BEGIN Material shown
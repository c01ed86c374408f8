//! What a small host says of rules, worked out by hand.

use super::{Finding, Idle, Place, RuleReport, Stacks};
use crate::names::{Call, Host, Misnamed};
use crate::rules::{Site, Verdict};
use crate::text::Policy;
use pam_conf::{Files, Form, Kind, Stack, resolve};
use pam_dispatch::Program;
use pam_facts::Facts;
use pam_graph::Graph;
use pam_paths::Known;
use pam_text::Texts;
use std::alloc::{AllocError, Global};
use std::process::Abort;
use std::test::Fail;

/// A stack, its runs and what is known of it.
#[derive(Drop)]
struct Ready<'a> {
    stack: Stack,
    facts: Facts<'a>,
    known: Known,
    graph: Graph,
}

impl<'a> Ready<'a> {
    fn of(alloc: Global, rules: &[u8]) -> Result<Ready<'static>, Fail> {
        let mut files = Files::new(alloc, Form::Dir);
        files.put(b"sshd".as_slice().to_vec(alloc)?, rules.to_vec(alloc)?)?;
        let stack = resolve(alloc, &files, b"sshd", Kind::Auth)?;
        let facts = Facts::read(alloc, b"")?;
        let known = facts.answers(&stack, Kind::Auth, None);
        let program = Program::of(alloc, &stack)?;
        let graph = Graph::of(alloc, &program, &known)?;
        Ok(Ready {
            stack,
            facts,
            known,
            graph,
        })
    }

    fn site(&self) -> Site<'_, 'a> {
        Site {
            kind: Kind::Auth,
            stack: &self.stack,
            facts: &self.facts,
            known: &self.known,
            graph: &self.graph,
        }
    }
}

/// The texts between spaces.
fn texts(alloc: Global, words: &[u8]) -> Result<Texts, AllocError> {
    let mut texts = Texts::new(alloc);
    for word in words.split(|byte| *byte == b' ') {
        texts.push(word)?;
    }
    Ok(texts)
}

fn call(alloc: Global, path: &[u8], arguments: &[u8]) -> Result<Call, AllocError> {
    let path = Vec::from_slice(alloc, path)?;
    let arguments = texts(alloc, arguments)?;
    Ok(Call { path, arguments })
}

fn place(service: &[u8], kind: Kind, class: usize) -> Place<'_> {
    Place {
        service,
        kind,
        class,
    }
}

fn put_classes(alloc: Global, text: &mut String, report: &RuleReport) -> Result<(), Fail> {
    for place in &report.places {
        let number = format!(in alloc; "{place} ")?;
        text.push_str(number.as_str())?;
    }
    for of_class in &report.classes {
        let sign = match &of_class.verdict {
            Some(Verdict::Holds) => "holds",
            Some(Verdict::Broken(_)) => "broken",
            Some(Verdict::Shown(_)) => "shown",
            Some(Verdict::Impossible) => "impossible",
            None => "unknown",
        };
        let class = format!(in alloc; "| {} {sign} ", of_class.class)?;
        text.push_str(class.as_str())?;
    }
    Ok(())
}

/// Writes a finding: its number, and its class or what is the matter.
fn put(alloc: Global, text: &mut String, finding: &Finding<'_>) -> Result<(), Fail> {
    let words = match finding {
        Finding::Broken(class, run) => format!(in alloc; "P1 {class} {}", run.steps.len())?,
        Finding::Impossible(class) => format!(in alloc; "P2 {class}")?,
        Finding::Misnamed(Misnamed::NoService(_)) => format!(in alloc; "P3 name")?,
        Finding::Misnamed(Misnamed::FitsNone) => format!(in alloc; "P3 none")?,
        Finding::Misnamed(Misnamed::NoModule(_)) => format!(in alloc; "P4")?,
        Finding::SaysNothing(Idle::CannotHappen) => format!(in alloc; "P5 happen")?,
        Finding::SaysNothing(Idle::CannotEnd) => format!(in alloc; "P5 end")?,
        Finding::NotKnown(class) => format!(in alloc; "P6 {class}")?,
        Finding::Misnamed(Misnamed::NoArgument(_)) => format!(in alloc; "P7")?,
    };
    text.push_str("; ")?;
    text.push_str(words.as_str())?;
    Ok(())
}

/// What these stacks say of a rule, on a host whose rules call two modules.
fn told(alloc: Global, stacks: &Stacks<'_, '_>, rule: &str) -> Result<String, Fail> {
    let services = texts(alloc, b"cron login other sshd su")?;
    let calls = [
        call(alloc, b"pam_unix.so", b"nullok")?,
        call(alloc, b"pam_u2f.so", b"")?,
    ];
    let known = texts(alloc, b"pam_deny")?;
    let host = Host {
        services: &services,
        calls: &calls,
        known: &known,
        there: None,
    };
    let policy = Policy::read(alloc, rule.as_bytes(), 0)?;
    let mut text = String::new(alloc);
    for rule in &policy.rules {
        let report = RuleReport::of(alloc, &host, stacks, rule)?;
        put_classes(alloc, &mut text, &report)?;
        for finding in &report.findings(alloc)? {
            put(alloc, &mut text, finding)?;
        }
    }
    Ok(text)
}

/// A host with the stacks of `sshd` and `su`, which are equal, and those of `login`, of `cron`, which is refused, and of `other`, which
/// lets nobody in; and with `sshd` for accounts, of which nothing is known.
#[derive(Drop)]
struct Small {
    two: Ready<'static>,
    one: Ready<'static>,
    deny: Ready<'static>,
}

impl Small {
    fn new(alloc: Global) -> Result<Small, Fail> {
        let two = Ready::of(
            alloc,
            b"auth required pam_unix.so nullok\nauth required pam_u2f.so\n",
        )?;
        let one = Ready::of(alloc, b"auth required pam_unix.so\n")?;
        let deny = Ready::of(alloc, b"auth required pam_deny.so\n")?;
        Ok(Small { two, one, deny })
    }

    fn classes(&self) -> [Option<Site<'_, 'static>>; 4] {
        [
            Some(self.two.site()),
            Some(self.one.site()),
            None,
            Some(self.deny.site()),
        ]
    }
}

/// What this host says of a rule.
fn said(alloc: Global, rule: &str) -> Result<String, Fail> {
    let host = Small::new(alloc)?;
    let classes = host.classes();
    let places = [
        place(b"sshd", Kind::Auth, 0),
        place(b"login", Kind::Auth, 1),
        place(b"su", Kind::Auth, 0),
        place(b"cron", Kind::Auth, 2),
        place(b"sshd", Kind::Account, 7),
        place(b"other", Kind::Auth, 3),
    ];
    let stacks = Stacks {
        places: &places,
        classes: &classes,
    };
    told(alloc, &stacks, rule)
}

fn says(rt: &(impl Abort + Copy), alloc: Global, rule: &str, wanted: &str) -> Result<(), Fail> {
    let said = said(alloc, rule)?;
    assert_eq!(rt; said.as_str(), wanted, "{rule}");
    Ok(())
}

#[test]
fn classes_are_judged_once(rt: HostRuntime) -> Result<(), Fail> {
    let alloc = rt.alloc();
    says(
        &rt,
        alloc,
        "sshd,login,su auth always asks pam_u2f",
        "0 1 2 | 0 holds | 1 broken ; P1 1 1",
    )?;
    says(
        &rt,
        alloc,
        "login,s* auth can succeed without pam_u2f=any",
        "0 1 2 | 0 impossible | 1 shown ; P2 0",
    )?;
    says(
        &rt,
        alloc,
        "su,login auth asks pam_unix before pam_u2f",
        "1 2 | 1 holds | 0 holds ",
    )
}

#[test]
fn rules_that_say_nothing(rt: HostRuntime) -> Result<(), Fail> {
    let alloc = rt.alloc();
    says(
        &rt,
        alloc,
        "login auth asks pam_unix before pam_u2f",
        "1 | 1 holds ; P5 happen",
    )?;
    says(
        &rt,
        alloc,
        "sshd,login auth never succeeds with pam_u2f[quiet]=success",
        "0 1 | 0 holds | 1 holds ; P5 happen",
    )?;
    says(
        &rt,
        alloc,
        "other auth never succeeds with pam_deny=any",
        "5 | 3 holds ; P5 end",
    )?;
    says(&rt, alloc, "login auth never asks pam_u2f", "1 | 1 holds ")?;
    says(&rt, alloc, "other auth never succeeds", "5 | 3 holds ")
}

#[test]
fn classes_that_are_not_known(rt: HostRuntime) -> Result<(), Fail> {
    let alloc = rt.alloc();
    says(
        &rt,
        alloc,
        "*,!other auth always asks pam_unix",
        "0 1 2 3 | 0 holds | 1 holds | 2 unknown ; P6 2",
    )?;
    says(
        &rt,
        alloc,
        "sshd auth,account never succeeds with pam_u2f[quiet]=success",
        "0 4 | 0 holds | 7 unknown ; P6 7",
    )?;
    says(&rt, alloc, "cron auth can succeed", "3 | 2 unknown ; P6 2")
}

#[test]
fn words_that_name_nothing(rt: HostRuntime) -> Result<(), Fail> {
    let alloc = rt.alloc();
    says(&rt, alloc, "ssh auth never asks pam_unix", "; P3 name")?;
    says(&rt, alloc, "gdm* auth needs pam_unix", "; P3 none")?;
    says(
        &rt,
        alloc,
        "*,!other,ssh auth needs pam_u2g[quiet] or pam_unix[nulok]",
        "0 1 2 3 | 0 broken | 1 broken | 2 unknown ; P1 0 2; P1 1 1; P3 name; P4; P6 2; P7",
    )
}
END Material shown
**What is being asked**
Among the records, find every line holding the word "success" and copy it.

**Reply**
        "sshd,login auth never succeeds with pam_u2f[quiet]=success",
        "sshd auth,account never succeeds with pam_u2f[quiet]=success",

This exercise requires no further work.